## Aim of the task
Gather all lines in the entries that include the word "longest".

(Dataset entries)

○ ○ ○ ○ ○ ○ ○

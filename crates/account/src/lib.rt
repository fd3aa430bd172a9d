// The account of a portion of hauled vehicles, and joining. Knows no category.
#![tactic(auto)]

ghost use Rattle.std.specs.Prelude.{◌≡◌, ◌↔◌, ◌≤◌, IsTrue, EachIndex, slice_index};
ghost use Rattle.record.specs.Records.{records_of};
ghost use Rattle.account.specs.Accounts.{empty};
ghost use Rattle.account.specs.Answers.{refused_by};
ghost use Rattle.account.specs.Ceilings.{within};
ghost use Rattle.account.specs.Portions.{accounted, engine_or_bad, joined};

use crate::gather::Gathered;
use record::vehicle::{Kind, MOST, SIZE, first_bad, read};

mod gather;
mod joining;

// The figures of hauled records, in document 01's order, then those of requests.
#[derive(Clone, Copy)]
pub struct Account {
    pub count: u32,
    pub mass: u32,
    // V masses of records set to V, M masses of records set to M
    pub vmass: u32,
    pub mmass: u32,
    pub length: u32,
    // all axles, and those of records set to V
    pub axles: u32,
    pub vaxles: u32,
    // hauled engines
    pub engines: u32,
    // records set to M
    pub mset: u32,
    pub isolated: u32,
    pub dloads: u32,
    // runs of isolated
    pub leading: u32,
    pub trailing: u32,
    pub longest: u32,
    // an engine stands behind a wagon
    pub behind: bool,
    // rules 16, 17, 18 are broken
    pub rule16: bool,
    pub rule17: bool,
    pub rule18: bool,
    pub slowest: u32,
    // The settings of the first five, 4 where there is none: numbers, since what C lends as an account may have any, and is refused by 7.
    pub first: [u32; 5],
    // length of records set to V (request Three)
    pub vlength: u32,
    // M masses of hauled engines set to M (request Six)
    pub enginemmass: u32,
    // V masses of wagons set to M (request Six)
    pub wagonvmass: u32,
    // a hauled engine is not set to M (request Six)
    pub enginenotm: bool,
}

// Why a portion has no account, or two are not joined, with its number among the answers, in which 0 is done. Beside judge's: document 01 has a list of each library's own.
#[derive(Clone, Copy, PartialEq, Eq)]
pub enum Refusal {
    // 1: not a multiple of 24 bytes
    NotWhole,
    // 2: more than 200 records, or a joined figure above its ceiling
    TooMany,
    // 3: a field out of range, in the record at this place
    BadField(usize),
    // 6: a working engine in a portion offered as hauled
    WorkingEngine,
    // 7: an account with a figure above its ceiling
    AboveCeiling,
}

// A refusal, with the account that it returns, the empty one.
#[derive(Clone, Copy)]
pub struct Refused {
    pub refusal: Refusal,
    pub account: Account,
}

// The account of no vehicle. Beside `Gathered::new`, which is of another type: sums by setting, of which an account is made.
#[tactic(auto, unfolding(crate::specs::Accounts::account_of))]
fn empty_account() -> Account
    ensures { result ≡ empty }
{
    Account {
        count: 0,
        mass: 0,
        vmass: 0,
        mmass: 0,
        length: 0,
        axles: 0,
        vaxles: 0,
        engines: 0,
        mset: 0,
        isolated: 0,
        dloads: 0,
        leading: 0,
        trailing: 0,
        longest: 0,
        behind: false,
        rule16: false,
        rule17: false,
        rule18: false,
        slowest: 200,
        first: [4; 5],
        vlength: 0,
        enginemmass: 0,
        wagonvmass: 0,
        enginenotm: false,
    }
}

// A refusal returns the empty account.
fn refused_by(refusal: Refusal) -> Refused
    ensures { result ≡ refused_by refusal }
{
    Refused {
        refusal,
        account: empty_account(),
    }
}

// Refusal 6 of a portion that has a working engine, unless 3 applies.
fn engine_or_bad(portion: &[u8]) -> Refusal
    ensures { result ≡ engine_or_bad (records_of portion.now) }
{
    first_bad(portion).map_or(Refusal::WorkingEngine, Refusal::BadField)
}

// The account of a portion of hauled vehicles.
pub fn account_of(portion: &[u8]) -> Result<Account, Refused>
    ensures { result ≡ accounted portion.now }
{
    let (records, rest) = portion.as_chunks::<SIZE>();
    if !rest.is_empty() {
        return Err(refused_by(Refusal::NotWhole));
    }
    if MOST < records.len() {
        return Err(refused_by(Refusal::TooMany));
    }
    let mut gathered = Gathered::new();
    for (i, record) in records.iter().enumerate() {
        let Some(vehicle) = read(record) else {
            return Err(refused_by(Refusal::BadField(i)));
        };
        if vehicle.kind == Kind::WorkingEngine {
            return Err(refused_by(engine_or_bad(portion)));
        }
        gathered.add(vehicle);
    }
    Ok(gathered.account(portion))
}

// Whether none of these is above its ceiling, which is one for all.
fn are_at_most(figures: &[u32], ceiling: u32) -> bool
    ensures { IsTrue result ↔ EachIndex figures.now (λ k. slice_index figures.now k ≤ ceiling) }
{
    figures.iter().all(|x| *x <= ceiling)
}

// Whether an account has no figure above its ceiling; 7 is for the rest.
pub fn within_ceilings(account: Account) -> bool
    ensures { result ≡ within account }
{
    (account.count <= 200)
        & (account.mass <= 500_000)
        & (account.vmass <= 500_000)
        & (account.mmass <= 500_000)
        & (account.length <= 200_000)
        & (account.axles <= 4_800)
        & (account.vaxles <= 4_800)
        & (account.engines <= 200)
        & (account.mset <= 200)
        & (account.isolated <= 200)
        & (account.dloads <= 200)
        & (account.leading <= 200)
        & (account.trailing <= 200)
        & (account.longest <= 200)
        & (account.slowest <= 200)
        & are_at_most(&account.first, 4)
        & (account.vlength <= 200_000)
        & (account.enginemmass <= 500_000)
        & (account.wagonvmass <= 500_000)
}

// The account of two portions, from their accounts.
pub fn join(left: Account, right: Account) -> Result<Account, Refused>
    ensures { result ≡ joined left right }
{
    if !(within_ceilings(left) & within_ceilings(right)) {
        return Err(refused_by(Refusal::AboveCeiling));
    }
    let account = joining::add(left, right);
    if !within_ceilings(account) {
        return Err(refused_by(Refusal::TooMany));
    }
    Ok(account)
}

○ ○ ○ ○ ○ ○ ○

## Result of this task
    pub longest: u32,
        longest: 0,
        & (account.longest <= 200)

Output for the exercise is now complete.